Since the word offset parameter was $11 for this example, the captured frame data begins at the UDP header, assuming IP communications are used. In this example, the UDP port# used is 138. According to the RFC document that describes Internet Protocol Assigned Numbers, this port# is used for NETBIOS Datagram Service. The UDP length is 230 bytes. It was nothing of local interest, but in this example, pseudo node# E071 just happened to correspond to aphid.fnal.gov, presumably a PC. The last experiment using FMON in node0509 was done many days ago, after which the meaning of the pseudo node# changed to another node. Still, it serves here as an example. One can find the significance of the pseudo node# by looking up the entry in the IPARP table, currently based at $40E000 in all IRMs.
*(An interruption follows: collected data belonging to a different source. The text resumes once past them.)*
// Nodes and an outside for the tests.
ghost use Rattle.std.specs.Prelude.{◌≡◌, ◌≤◌, [], None, min, true};
ghost use Rattle.nb_ledger.specs.Flat.{unknown};
ghost use Rattle.nb_ledger.specs.Ledger.{object_lives, rank};
ghost use Rattle.nb_graph.specs.Counted.{regains, ups};

use nb_graph::{Emit, Fx, Graph, Msg, Node, ObjId, Outside, Parts, Port};
use nb_terms::{Cause, Event, NoMemory};
use std::process::Abort;
use std::test::Fail;

/// A load of no bytes.
#[derive(Drop)]
pub(crate) struct Empty;

impl Parts for Empty {
    ghost first = { λ _. [] };

    ghost second = { λ _. [] };

    fn parts(&self) -> (&[u8], &[u8]) {
        (&[], &[])
    }
}

/// What a fake node does with a message from below, or with time.
#[derive(Clone, Copy)]
pub(crate) enum Deed {
    Take,
    TakeAtMost(u8),
    PassUp,
    Close(u8),
    LendDown,
    TakeOneAndAsk,
    PassUpUntilAsked,
}

/// A node that does its deed, and counts its calls from below and the loads that came back.
#[derive(Drop)]
pub(crate) struct Fake {
    pub(crate) rank: u8,
    pub(crate) deed: Deed,
    pub(crate) calls: u32,
    pub(crate) back: u8,
}

/// The longest message that a fake node takes.
pub(crate) const LONGEST: usize = 65_535;

pub(crate) const WHY: Cause = Cause {
    code: 9,
    a: 8,
    b: 7,
};

pub(crate) const NO_CAUSE: Cause = Cause {
    code: 0,
    a: 0,
    b: 0,
};

pub(crate) fn make_fake(rank: u8, deed: Deed) -> Fake
    ensures rank { result.rank ≡ rank }
    ensures calls { result.calls ≡ 0 }
    ensures back { result.back ≡ 0 }
{
    Fake {
        rank,
        deed,
        calls: 0,
        back: 0,
    }
}

/// All of a message of so many bytes, by slot 0.
pub(crate) fn pass_on(tag: u8, length: u32) -> Emit<Empty>
    ensures slot { result.slot ≡ 0 }
    ensures from { result.from ≡ 0 }
    ensures to { result.to ≡ length }
{
    Emit {
        slot: 0,
        tag,
        a: 0,
        b: 0,
        from: 0,
        to: length,
        load: None,
    }
}

/// No bytes, by slot 1.
fn ask_below() -> Emit<Empty>
    ensures slot { result.slot ≡ 1 }
    ensures from { result.from ≡ 0 }
    ensures to { result.to ≡ 0 }
{
    Emit {
        slot: 1,
        tag: 0,
        a: 0,
        b: 0,
        from: 0,
        to: 0,
        load: None,
    }
}

impl Node for Fake {
    type Load = Empty;

    ghost rank_of = { λ n. n.rank };

    ghost kind_of = { λ _. 7 };

    ghost mark_of = { λ _. 0 };

    ghost harvests = { λ _ r _. r ≡ None };

    ghost stands = { λ n t. (n.calls ≡ min (ups t) 4294967295) × (n.back ≡ min (regains t) 255) };

    fn rank(&self) -> u8 {
        self.rank
    }

    fn kind(&self) -> u8 {
        7
    }

    fn on_up(
        &mut self,
        _slot: u8,
        msg: &Msg<'_>,
        _now: u64,
        fx: &mut Fx<Fake, Empty>,
    ) -> Result<(), NoMemory> {
        self.calls = self.calls.saturating_add(1);
        let length = msg.first.len() + msg.second.len();
        if length > LONGEST {
            return Err(NoMemory);
        }
        fx.took = length as u32;
        match self.deed {
            Deed::Take => {}
            Deed::TakeAtMost(most) => fx.took = fx.took.min(u32::from(most.max(1))),
            Deed::PassUp | Deed::PassUpUntilAsked => {
                fx.ups.first.put(pass_on(msg.tag, fx.took));
            }
            Deed::Close(slot) => fx.closes.push((slot.min(3), WHY)),
            Deed::LendDown => {}
            Deed::TakeOneAndAsk => {
                fx.took = fx.took.min(1);
                fx.downs.first.put(ask_below());
            }
        }
        Ok(())
    }

    fn on_down(
        &mut self,
        _msg: &Msg<'_>,
        _now: u64,
        fx: &mut Fx<Fake, Empty>,
    ) -> Result<(), NoMemory> {
        if matches!(self.deed, Deed::PassUpUntilAsked) {
            fx.closes.push((0, WHY));
        }
        Ok(())
    }

    fn on_close(&mut self, _slot: u8, _cause: &Cause, _now: u64, _fx: &mut Fx<Fake, Empty>) {}

    fn on_time(&mut self, _now: u64, fx: &mut Fx<Fake, Empty>) -> Result<(), NoMemory> {
        match self.deed {
            Deed::Take => {}
            Deed::TakeAtMost(_) => {}
            Deed::PassUp => {}
            Deed::TakeOneAndAsk => {}
            Deed::PassUpUntilAsked => {}
            Deed::Close(slot) => fx.closes.push((slot.min(3), WHY)),
            Deed::LendDown => {
                fx.downs.first.put(Emit {
                    slot: 2,
                    tag: 0,
                    a: 0,
                    b: 0,
                    from: 0,
                    to: 0,
                    load: Some(Empty),
                });
            }
        }
        Ok(())
    }

    fn regain(&mut self, _load: Empty) {
        self.back = self.back.saturating_add(1);
    }

    fn harvest(&mut self) -> Option<Empty> {
        None
    }
}

/// Keeps the events that it is given.
#[derive(Drop)]
pub(crate) struct Tape {
    pub(crate) events: Vec<Event>,
}

impl Outside for Tape {
    ghost events = { λ _. unknown };

    fn event(&mut self, e: &Event) {
        let _ = self.events.push(*e);
    }

    fn send(&mut self, _from: Port, _msg: &Msg<'_>) {}
}

/// The events are those of these numbers and objects, in order.
pub(crate) fn happened(rt: &impl Abort, tape: &Tape, expected: &[(u8, u64)]) {
    assert_eq!(rt; tape.events.len(), expected.len());
    for (event, (number, object)) in tape.events.iter().zip(expected) {
        assert_eq!(rt; (event.event, event.object), (*number, *object));
    }
}

/// Each port is closed with this cause, and no other event has one.
pub(crate) fn closed_with(rt: &impl Abort, tape: &Tape, why: Cause) {
    for event in &tape.events {
        let expected = if event.event == 8 { why } else { NO_CAUSE };
        assert_eq!(rt; event.cause, expected);
    }
}

pub(crate) fn bytes(first: &[u8]) -> Msg<'_> {
    Msg {
        tag: 1,
        rec: 0,
        a: 0,
        b: 0,
        first,
        second: &[],
    }
}

/// A slot of an object, as a port.
pub(crate) fn port(obj: ObjId, slot: u8) -> Port
    ensures { result ≡ record { obj = obj; slot = slot } }
{
    Port { obj, slot }
}

/// The rank of a live object.
fn rank_of(graph: &Graph<Fake>, id: ObjId) -> u8
    ensures { object_lives graph.now.book id.0 ≡ true → result ≡ rank graph.now.book id.0 }
{
    match graph.node(id) {
        Some(node) => node.rank,
        None => 0,
    }
}

/// Joins two ports of objects whose ranks fit.
fn join(graph: &mut Graph<Fake>, upper: Port, lower: Port, tape: &mut Tape) -> Result<(), Fail>
    requires upper { (1 ≤ upper.slot) × (upper.slot ≤ 3) }
    requires lower { lower.slot ≡ 0 }
{
    if rank_of(graph, lower.obj) < rank_of(graph, upper.obj) {
        graph.plug(upper, lower, tape).ok().ok_or("not open")?;
    }
    Ok(())
}

/// A graph of an upper object 1 and a lower object 2 that is plugged to its slot 1.
pub(crate) fn pair(
    rt: &HostRuntime,
    tape: &mut Tape,
    upper: Deed,
    lower: Deed,
) -> Result<Graph<Fake>, Fail> {
    let mut graph = Graph::new(rt.alloc(), 2)?;
    let above = graph.make(make_fake(2, upper), tape).ok().ok_or("full")?;
    let below = graph.make(make_fake(1, lower), tape).ok().ok_or("full")?;
    join(&mut graph, port(above, 1), port(below, 0), tape)?;
    Ok(graph)
}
At $40E070 we find the following ARP table entry:

0509:40E070 00A0 2491 A138 0000

0509:40E078 83E1 7BD9 0004 3A98

The port# block at $43A98 is as follows:

0509:043A98 0060 0426 0000 0015 Port# memory block is type $15.
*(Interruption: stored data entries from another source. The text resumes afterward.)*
use crate::fake::{Deed, LONGEST, Tape, WHY, bytes, closed_with, happened, make_fake, pair, port};
use nb_graph::{Graph, ObjId, Reach};
use std::test::Fail;

#[test]
fn holds_and_links(rt: HostRuntime) -> Result<(), Fail> {
    let mut tape = Tape {
        events: Vec::new(rt.alloc()),
    };
    let mut graph = pair(&rt, &mut tape, Deed::Take, Deed::Take)?;
    assert!(rt;
        graph.make(make_fake(0, Deed::Take), &mut tape).is_err(),
        "two objects live"
    );
    assert!(rt; graph.let_go(ObjId(2), &mut tape), "it has a hold");
    assert!(rt; !graph.let_go(ObjId(2), &mut tape), "it has none");
    assert!(rt; graph.hold(ObjId(1), &mut tape), "it lives");
    assert_eq!(rt; graph.ids(1), Some(ObjId(2)));
    assert_eq!(rt; graph.ids(2), None);
    assert!(rt; graph.node(ObjId(3)).is_none(), "nothing has that serial");
    // Made, Held, Made, Held, Plugged, LetGo, Held.
    happened(
        &rt,
        &tape,
        &[(1, 1), (2, 1), (1, 2), (2, 2), (4, 1), (3, 2), (2, 1)],
    );
    graph.shutdown(&WHY, 0, &mut tape);
    assert_eq!(rt; graph.live(), 0);
    Ok(())
}

/// The upper object closes the lower one's port inside the delivery, and is freed as its entry
/// ends.
#[test]
fn closed_inside_a_delivery(rt: HostRuntime) -> Result<(), Fail> {
    let mut tape = Tape {
        events: Vec::new(rt.alloc()),
    };
    let mut graph = pair(&rt, &mut tape, Deed::Close(1), Deed::PassUp)?;
    let _ = graph.let_go(ObjId(1), &mut tape);
    tape.events.clear();
    assert_eq!(rt;
        graph.up(port(ObjId(2), 1), &bytes(b"abc"), 0, &mut tape),
        Reach::Entered
    );
    // Entered below, Entered above, both ports Closed, Entered by close, Left, Unplugged, Left,
    // Freed, Left.
    happened(
        &rt,
        &tape,
        &[
            (5, 2),
            (5, 1),
            (8, 1),
            (8, 2),
            (5, 2),
            (6, 2),
            (9, 1),
            (6, 1),
            (10, 1),
            (6, 2),
        ],
    );
    closed_with(&rt, &tape, WHY);
    assert_eq!(rt; graph.live(), 1);
    Ok(())
}

/// What an entry sent may be dropped where another entry of its object, within it, closes the port: the upper object took
/// one byte of three when it asked the lower one, which closes its port first.
#[test]
fn closed_within_an_entry(rt: HostRuntime) -> Result<(), Fail> {
    let mut tape = Tape {
        events: Vec::new(rt.alloc()),
    };
    let mut graph = pair(&rt, &mut tape, Deed::TakeOneAndAsk, Deed::PassUpUntilAsked)?;
    tape.events.clear();
    let _ = graph.up(port(ObjId(2), 1), &bytes(b"abc"), 0, &mut tape);
    // Entered below, Entered above, Entered below from above, both ports Closed, Entered by close, Left, Unplugged, Left,
    // the rest Dropped, Left, Left.
    happened(
        &rt,
        &tape,
        &[
            (5, 2),
            (5, 1),
            (5, 2),
            (8, 2),
            (8, 1),
            (5, 1),
            (6, 1),
            (9, 2),
            (6, 2),
            (7, 1),
            (6, 1),
            (6, 2),
        ],
    );
    closed_with(&rt, &tape, WHY);
    assert_eq!(rt; graph.node(ObjId(1)).ok_or("dead")?.calls, 1);
    Ok(())
}

/// A load that is dropped at a closed port comes back.
#[test]
fn lent_and_dropped(rt: HostRuntime) -> Result<(), Fail> {
    let mut tape = Tape {
        events: Vec::new(rt.alloc()),
    };
    let mut graph = Graph::new(rt.alloc(), 1)?;
    let only = graph
        .make(make_fake(1, Deed::LendDown), &mut tape)
        .ok()
        .ok_or("full")?;
    graph.close(port(only, 2), &WHY, 0, &mut tape);
    tape.events.clear();
    let _ = graph.time(only, 5, &mut tape);
    // Entered, Dropped, Left.
    happened(&rt, &tape, &[(5, 1), (7, 1), (6, 1)]);
    assert_eq!(rt; graph.node(only).ok_or("dead")?.back, 1);
    Ok(())
}

/// What a node leaves of a message is given to it again within the same entry, in the stack of one call.
#[test]
fn long_message_in_parts(rt: HostRuntime) -> Result<(), Fail> {
    let mut tape = Tape {
        events: Vec::new(rt.alloc()),
    };
    let mut message = Vec::with_capacity(rt.alloc(), LONGEST)?;
    for _ in 0..LONGEST {
        message.push(0)?;
    }
    let mut graph = Graph::new(rt.alloc(), 1)?;
    let only = graph
        .make(make_fake(0, Deed::TakeAtMost(1)), &mut tape)
        .ok()
        .ok_or("full")?;
    tape.events.clear();
    let _ = graph.up(port(only, 1), &bytes(message.as_slice()), 0, &mut tape);
    happened(&rt, &tape, &[(5, 1), (6, 1)]);
    assert_eq!(rt; graph.node(only).ok_or("dead")?.calls, 65_535);
    Ok(())
}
0509:043AA0 002C 0003 0EBE 03CE

0509:043AA8 0000 0000 0000 0000

0509:043AB0 0000 0000 0000 0000

0509:043AB8 0000 0000 008A 0000 Each entry in array is port#, use count

0509:043AC0 0089 0000 0000 0000

0509:043AC8 0000 0000 0000 0000

0509:043AD0 0000 0000 0000 0000

0509:043AD8 0000 0000 0000 0000

0509:043AE0 0000 0000 0000 0000

0509:043AE8 0000 0000 0000 0000

0509:043AF0 0000 0000 0000 0000

In the port array, the port index 1 (lo 4 bits of $E071) corresponds to port 138. The IP address is 83E17BD9, or 131.225.123.217, which is aphid.fnal.gov. Looking at previous captured frames, it appears that this frame, presumably broadcast from aphid.fnal.gov, is received every 15 minutes. If this level of activity continues, this ARP table entry will not time out.

Duplicate frame diagnostics are shown on the second "page" of the first memory display. The two values of 000E followed by 0000 indicate that the recent time-stamp values and corresponding identification field values from the IP header. (The 000E values are indexes into the arrays of time-stamp and identification field values.) The fourth word of 0000 indicates that no duplicate frames received from the target node were tallied during the time since the capture enable bit was last set to 1. The time-stamp array is a byte array starting on the third line; the identification field value array begins on the fifth line.